Masyarakat film mengharapkan agar Pilpres 2024 menghasilkan pemimpin, entah itu Presiden atau Wakil Presiden yang peduli dan concern terhadap kemajuan perfilman Indonesia. Yang memiliki kesadaran bahwa film merupakan pranata sosial yang mampu membentuk pembangunan kebudayaan dan peradaban.
Untuk itulah masyarakat film merasa perlu menyampaikan aspirasinya agar tidak kaget ketika muncul pemimpin-pemimpin baru.
“Dari nama-nama calon presiden, wakil presiden yang ada sekarang sulit sekali menemukan nama yang betul-betul sudah memberikan kerjanya nyata, tindakan nyata terhadap kemajuan perfilman.
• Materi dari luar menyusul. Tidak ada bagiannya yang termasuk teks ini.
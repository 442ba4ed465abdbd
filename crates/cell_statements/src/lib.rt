//! That each statement of a program on a lock, an event or an atom asks for one that is declared, at an image of the
//! run, and that each read of a coarray is one of a section of it, there too.
//! It stands on `cell_walks`, which says what it is for the blocks of a program to fit, and on `made_code`, which says
//! how many numbers each part of a statement puts down; `memory_fits` stands on it. Its main contract is
//! `law_blocks_fit`.
#![tactic(auto)]

pub mod laws;
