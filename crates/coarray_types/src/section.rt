//! The cells of a section.

ghost use Rattle.std.specs.Prelude.{◌≡◌, ◌≤◌, ◌++◌, length, map, pos, All, ℤ, IfOk, OnOk, OnErr};
ghost use Rattle.caf_base.specs.Spans.{IsSpan, offsets_of, offsets_from, row_of, rows_of};
ghost use Rattle.coarray_types.specs.Cells.{AreCells};

use caf_base::refusal::NoMemory;
use caf_base::span::Span;
use std::alloc::Global;

/// The offsets of a section's cells, in array element order (ISO/IEC 1539-1:2018, 9.5.3.2 and 9.5.3.3).
pub fn section_cells(alloc: Global, span: &Span) -> Result<Vec<u32>, NoMemory>
    requires { IsSpan span.now }
    ensures { IfOk result (λ cells. map pos cells.items ≡ offsets_of span.now) }
{
    cells_from(alloc, span.start, span.dims.as_slice())
}

// The cells of the dimensions from a first cell on: a row of the first one from each cell of the others.
fn cells_from(alloc: Global, start: u32, dims: &[(u32, i32)]) -> Result<Vec<u32>, NoMemory>
    requires wide { All (λ d. 2 ≤ d.0) dims.now }
    requires cells { AreCells (offsets_from (pos start) dims.now) }
    ensures { IfOk result (λ cells. map pos cells.items ≡ offsets_from (pos start) dims.now) }
{
    let [(count, step), dims @ ..] = dims else {
        let mut one = Vec::new(alloc);
        one.push(start)?;
        return Ok(one);
    };
    let firsts = cells_from(alloc, start, dims)?;
    rows(alloc, *count, *step, firsts.as_slice())
}

// A row from each of the first cells.
fn rows(alloc: Global, count: u32, step: i32, firsts: &[u32]) -> Result<Vec<u32>, NoMemory>
    requires { AreCells (rows_of count step (map pos firsts.now)) }
    ensures { IfOk result (λ cells. map pos cells.items ≡ rows_of count step (map pos firsts.now)) }
{
    let mut cells = Vec::new(alloc);
    for first in firsts {
        push_row(&mut cells, count, step, *first)?;
    }
    Ok(cells)
}

// Appends a row of cells. 64 bits suffice: each cell is below 65,536, and a step from it fits 33 bits.
fn push_row(cells: &mut Vec<u32>, count: u32, step: i32, first: u32) -> Result<(), NoMemory>
    requires { AreCells (row_of count step (pos first)) }
    ensures { OnOk result (map pos cells.new.items ≡ map pos cells.old.items ++ row_of count step (pos first)) }
{
    let mut at = i64::from(first);
    for i in 0..count {
        cells.push(at as u32)?;
        at += i64::from(step);
    }
    Ok(())
}
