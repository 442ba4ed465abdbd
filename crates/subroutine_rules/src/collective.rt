//! The argument A of collectives (16.9.46 to 16.9.50): rules 51, 54 and 59.

ghost use Rattle.std.specs.Prelude.{◌≡◌, IfOk};
ghost use Rattle.std.specs.Option.{option_map};
ghost use Rattle.checked_tree.specs.ExpressionViews.{designator as designator_seen, expression};
ghost use Rattle.checked_tree.specs.StatementViews.{collected as collected_seen};
ghost use Rattle.rule_definitions.specs.IntrinsicSubroutines as rules;
ghost use Rattle.rule_definitions.specs.Judgements.{under};
ghost use Rattle.part_rules.specs.Views.{judgement, placed};
ghost use Rattle.subroutine_rules.specs.Variables as spec;

use caf_base::place::Pos;
use caf_base::refusal::NoMemory;
use checked_tree::action::Collected;
use checked_tree::data::{DataType, Object};
use checked_tree::expr::{Designator, TypedExpr};
use part_rules::judged::{Judged, breaking};
use part_rules::part::{Part, plain};
use part_rules::types::{is_integer_type, is_logical_type, is_team_type};
use rule_definitions::rule;
use specifier_rules::variable::{as_designator, designator_in};

/// Whether a designator is a part of a variable without an image selector.
#[tactic(auto, using(checked_tree::specs::ExpressionViews::typed_forms))]
fn is_own_part(designator: &Designator) -> bool
    ensures { result ≡ spec.is_own_part (designator_seen designator.now) }
{
    match designator.object {
        Object::Constant(_) => false,
        Object::Local(_) | Object::Coarray(_) => match &designator.selector {
            Some(_) => false,
            None => true,
        },
    }
}

/// Whether an expression is a variable or a part of one, without an image selector.
#[tactic(auto, using(crate::proofs::Variables::own_by_designator))]
fn is_own_variable(value: &TypedExpr) -> bool
    ensures { result ≡ rules.is_own_variable (expression value.now) }
{
    match as_designator(&value.form) {
        Some(designator) => is_own_part(designator),
        None => false,
    }
}

/// The rules on what a collective takes: rule 54 for what is coindexed, is no variable, or is logical where no logical
/// is taken; rule 51 for a team, rule 59 for an event or a lock.
fn collectable(
    takes_logicals: bool,
    value: Judged<TypedExpr>,
    at: Pos,
) -> Result<Judged<TypedExpr>, NoMemory>
    ensures breaks { IfOk result (λ j. j.breaks.items ≡ (under (judgement expression value) (rules.collected_breaks takes_logicals at)).breaks) }
    ensures meaning { IfOk result (λ j. option_map expression j.meaning ≡ (under (judgement expression value) (rules.collected_breaks takes_logicals at)).meaning) }
{
    let Some(found) = &value.meaning else {
        return Ok(value);
    };
    let of_type = found.of_type;
    if !is_own_variable(found) {
        return breaking(value, rule::COLLECTIVE_ARGUMENT, at);
    }
    if is_integer_type(of_type) {
        return Ok(value);
    }
    if is_logical_type(of_type) {
        if takes_logicals {
            return Ok(value);
        }
        return breaking(value, rule::COLLECTIVE_ARGUMENT, at);
    }
    if is_team_type(of_type) {
        return breaking(value, rule::TEAM, at);
    }
    breaking(value, rule::INTRINSIC_ARGUMENT, at)
}

/// An expression as the argument of a collective, where it is a variable of a type with a kind.
#[tactic(auto, using(crate::proofs::Variables::collected_by_designator))]
fn collected_of(value: TypedExpr) -> Option<Collected>
    ensures { option_map collected_seen result ≡ rules.collected_of (expression value) }
{
    let of_type = value.of_type;
    let rank = value.rank;
    let Some(variable) = designator_in(value.into_form()) else {
        return None;
    };
    let DataType::Intrinsic(kind) = of_type else {
        drop(variable);
        return None;
    };
    Some(Collected {
        variable,
        kind,
        rank,
    })
}

/// The argument A of a collective: rules 51, 54 and 59.
#[tactic(auto, using(crate::proofs::Found::found_collected_breaks, crate::proofs::Found::found_collected_meaning))]
pub fn a_collected(takes_logicals: bool, part: Part) -> Result<Judged<Collected>, NoMemory>
    ensures breaks { IfOk result (λ j. j.breaks.items ≡ (rules.a_collected takes_logicals (placed part)).breaks) }
    ensures meaning { IfOk result (λ j. option_map collected_seen j.meaning ≡ (rules.a_collected takes_logicals (placed part)).meaning) }
{
    let at = part.at;
    let value = plain(part)?;
    let Judged { breaks, meaning } = collectable(takes_logicals, value, at)?;
    let meaning = match meaning {
        Some(value) => collected_of(value),
        None => None,
    };
    Ok(Judged { breaks, meaning })
}
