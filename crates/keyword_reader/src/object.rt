//! Readers of objects with specifiers behind them, as ALLOCATE and DEALLOCATE have them (ISO/IEC 1539-1:2018, 9.7.1 and
//! 9.7.3).

ghost use Rattle.std.specs.Prelude.{◌≡◌, IfOk, map};
ghost use Rattle.expr_reader.specs.Results.{Gives};
ghost use Rattle.expr_reader.specs.Words.{tokens_of};
ghost use Rattle.fortran_tree.specs.ExpressionViews as expressions;
ghost use Rattle.keyword_reader.specs.Families as families;
ghost use Rattle.keyword_reader.specs.Views as views;
ghost use Rattle.statement_reader.specs.Objects as objects;

use action_reader::reads::Reads;
use action_reader::specifier::ASpecifier;
use expr_reader::error::ReadError;
use expr_reader::one::{begins_with, sign};
use expr_reader::token::is_name;
use expr_reader::word::Word;
use fortran_tokens::token::Sign;
use fortran_tree::expr::Specifier;
use std::alloc::{AllocError, Global};

/// An object, or a specifier behind the objects.
#[derive(Drop)]
pub enum Choice<T: Drop> {
    Object(T),
    Specifier(Specifier),
}

/// The words begin with a name and `=`.
#[tactic(auto, using(crate::proofs::Objects::object_laws))]
fn begins_specifier(words: &[Word]) -> bool
    ensures { result ≡ families.begins_specifier (tokens_of words.now) }
{
    match words.split_first() {
        Some((first, rest)) => is_name(first) && begins_with(rest, Sign::Assign),
        None => false,
    }
}

/// An object or a specifier; a specifier alone where one stands before it.
#[tactic(auto, using(crate::proofs::Objects::object_laws))]
fn object_or_specifier<'a, R: Reads>(
    alloc: Global,
    words: &'a [Word],
    is_behind: bool,
    left: u32,
) -> Result<(Choice<R::Tree>, &'a [Word]), ReadError>
    ensures { Gives (λ r. (views.choice_of R.look r.0, tokens_of r.1.now)) result (objects.a_choice R.reader is_behind left (tokens_of words.now)) }
{
    if is_behind || begins_specifier(words) {
        let (specifier, rest) = ASpecifier::read(alloc, words, left)?;
        return Ok((Choice::Specifier(specifier), rest));
    }
    let (object, rest) = R::read(alloc, words, left)?;
    Ok((Choice::Object(object), rest))
}

/// A comma and an object or a specifier.
#[tactic(auto, using(crate::proofs::Objects::object_laws))]
fn another<'a, R: Reads>(
    alloc: Global,
    words: &'a [Word],
    is_behind: bool,
    left: u32,
) -> Result<(Choice<R::Tree>, &'a [Word]), ReadError>
    ensures { Gives (λ r. (views.choice_of R.look r.0, tokens_of r.1.now)) result (families.another R.reader is_behind left (tokens_of words.now)) }
{
    let (_, rest) = sign(words, Sign::Comma)?;
    object_or_specifier::<R>(alloc, rest, is_behind, left)
}

/// A specifier stands before what comes behind this one.
fn seen<R: Reads>(is_behind: bool, choice: &Choice<R::Tree>) -> bool
    ensures { result ≡ objects.seen is_behind (views.choice_of R.look choice.now) }
{
    match choice {
        Choice::Object(_) => is_behind,
        Choice::Specifier(_) => true,
    }
}

/// Further objects, and specifiers behind them, each behind a comma.
#[tactic(auto, using(crate::proofs::Objects::object_laws))]
fn choices<'a, R: Reads>(
    alloc: Global,
    words: &'a [Word],
    left: u32,
) -> Result<(Vec<Choice<R::Tree>>, &'a [Word]), ReadError>
    ensures { Gives (λ r. (map (views.choice_of R.look) r.0.items, tokens_of r.1.now)) result (objects.further_choices R.reader left (tokens_of words.now)) }
{
    let mut all = Vec::new(alloc);
    let mut is_behind = false;
    let mut rest = words;
    for _turn in 0..words.len() {
        if !begins_with(rest, Sign::Comma) {
            return Ok((all, rest));
        }
        let (next, more) = match another::<R>(alloc, rest, is_behind, left) {
            Ok(read) => read,
            Err(e) => {
                drop(all);
                return Err(e);
            }
        };
        is_behind = seen::<R>(is_behind, &next);
        all.push(next)?;
        rest = more;
    }
    Ok((all, rest))
}

/// The objects from the first on, and the specifiers.
#[tactic(auto, using(crate::proofs::Objects::object_laws))]
fn parted<R: Reads>(
    alloc: Global,
    first: R::Tree,
    choices: Vec<Choice<R::Tree>>,
) -> Result<(Vec<R::Tree>, Vec<Specifier>), AllocError>
    ensures { IfOk result (λ r. (map R.look r.0.items, expressions.specifiers r.1.items) ≡ objects.objects_and_specifiers (R.look first, map (views.choice_of R.look) choices.items)) }
{
    let mut objects = Vec::new(alloc);
    objects.push(first)?;
    let mut specifiers = Vec::new(alloc);
    for choice in choices {
        match choice {
            Choice::Object(object) => objects.push(object)?,
            Choice::Specifier(specifier) => specifiers.push(specifier)?,
        }
    }
    Ok((objects, specifiers))
}

/// Objects, one at least, and specifiers behind them.
#[tactic(auto, using(crate::proofs::Objects::object_laws))]
pub(crate) fn objects<'a, R: Reads>(
    alloc: Global,
    words: &'a [Word],
    left: u32,
) -> Result<((Vec<R::Tree>, Vec<Specifier>), &'a [Word]), ReadError>
    ensures { Gives (λ r. ((map R.look r.0.0.items, expressions.specifiers r.0.1.items), tokens_of r.1.now)) result (objects.some_objects R.reader left (tokens_of words.now)) }
{
    let (first, rest) = R::read(alloc, words, left)?;
    match choices::<R>(alloc, rest, left) {
        Ok((choices, rest)) => Ok((parted::<R>(alloc, first, choices)?, rest)),
        Err(e) => {
            drop(first);
            Err(e)
        }
    }
}
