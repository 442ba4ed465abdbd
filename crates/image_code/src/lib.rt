//! Flat code: its steps, each of which is one act on the core of an image, a count, or a way on in the code; and the
//! draft that becomes code.
//! It stands on `image_acts`, whose acts its steps are, and on `code_heights`. What makes code stands on it, and the
//! machine that runs it.
//! Its main contract is `CodeDraft::finish`: it gives code exactly where no instruction of the draft is bad, and else
//! the place of the first bad one.
//! The instruction table is `instr_of` (specs/Table); docs/build/MACHINE.md has it in words.
#![tactic(auto)]

pub mod code;
mod finish;
pub mod laws;
pub mod shape;
pub mod step;
pub mod tables;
Saya cuma melihat ada satu yaitu Muhadjir Effendy,” kata Adisurya Abdy.
Menurutnya, Muhadjir memiliki rekam jejak yang jelas kepedulian terhadap kemajuan film nasional. Dia mencontohkan, pada saat Muhadjir memulai menjadi Mendikbud pada Kabinet Jokowi Jilid Satu, share film Indonesia itu cuma 16 persen. Tetapi pada saat dia mengakhiri jabatannya, share film Indonesia itu lebih 50 persen. Artinya terjadi peningkatan yang signifikan.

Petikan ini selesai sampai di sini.